▶ _Task objective_
Whatever appears in the records, write it out again exactly.

▶ _Listed records_
_ _ _ _ _

//! The parity chunks of a stripe.
ghost use Rattle.std.specs.Prelude.{◌≡◌, ℕ, ◌+◌, ◌-◌, ◌*◌, ◌%◌, ◌<◌, ◌≤◌, slice_index, length, min, bit_xor, slice_index_or, [], IfOk};
ghost use Rattle.clay_field.specs.Coupling.{determinant_inverse};
ghost use Rattle.clay_field.specs.Field.{product};
ghost use Rattle.clay_grid.specs.Shape.{row_count, layer_count, stripe_length};
ghost use Rattle.clay_grid.specs.Layers.{layer_of};
ghost use Rattle.clay_grid.specs.Limits.{IsGeometry};
ghost use Rattle.clay_model.specs.Code.{Codes};
ghost use Rattle.clay_model.specs.Chunks.{contents};
ghost use Rattle.code_laws.specs.Columns.{data_byte, uncoupled_value, first_parity};
ghost use Rattle.clay_kernels.specs.Lanes.{AddsRows};
ghost use Rattle.clay_parity.specs.Blocks.{HoldsLayer, Appends, HoldsGroup, group_byte, coupled_byte, piece_bytes};
ghost use Rattle.clay_parity.specs.Short.{HoldsShort, short_coupled};
ghost use Rattle.clay_parity.specs.Parity.{data_pieces, AreParity, AppendsGroups};
ghost use Rattle.generator_matrix.specs.Generated.{IsLastGenerator, factor_at};
ghost use Rattle.clay_parity.specs.Solved.{solved_value, layer_value};

use crate::short::{couple_row, transpose};
use crate::stripe::{piece, uncouple_node, write_column};
use clay_grid::Geometry;
use clay_kernels::{BLOCK, Products, add_rows, column_room, couple, fifths, zeros};
use generator_matrix::{Generator, add_column, end_column, nodes};
use std::alloc::{AllocError, Global};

_ _ _ _ _

▶ _Exercise answer_
//! The parity chunks of a stripe.
ghost use Rattle.std.specs.Prelude.{◌≡◌, ℕ, ◌+◌, ◌-◌, ◌*◌, ◌%◌, ◌<◌, ◌≤◌, slice_index, length, min, bit_xor, slice_index_or, [], IfOk};
ghost use Rattle.clay_field.specs.Coupling.{determinant_inverse};
ghost use Rattle.clay_field.specs.Field.{product};
ghost use Rattle.clay_grid.specs.Shape.{row_count, layer_count, stripe_length};
ghost use Rattle.clay_grid.specs.Layers.{layer_of};
ghost use Rattle.clay_grid.specs.Limits.{IsGeometry};
ghost use Rattle.clay_model.specs.Code.{Codes};
ghost use Rattle.clay_model.specs.Chunks.{contents};
ghost use Rattle.code_laws.specs.Columns.{data_byte, uncoupled_value, first_parity};
ghost use Rattle.clay_kernels.specs.Lanes.{AddsRows};
ghost use Rattle.clay_parity.specs.Blocks.{HoldsLayer, Appends, HoldsGroup, group_byte, coupled_byte, piece_bytes};
ghost use Rattle.clay_parity.specs.Short.{HoldsShort, short_coupled};
ghost use Rattle.clay_parity.specs.Parity.{data_pieces, AreParity, AppendsGroups};
ghost use Rattle.generator_matrix.specs.Generated.{IsLastGenerator, factor_at};
ghost use Rattle.clay_parity.specs.Solved.{solved_value, layer_value};

use crate::short::{couple_row, transpose};
use crate::stripe::{piece, uncouple_node, write_column};
use clay_grid::Geometry;
use clay_kernels::{BLOCK, Products, add_rows, column_room, couple, fifths, zeros};
use generator_matrix::{Generator, add_column, end_column, nodes};
use std::alloc::{AllocError, Global};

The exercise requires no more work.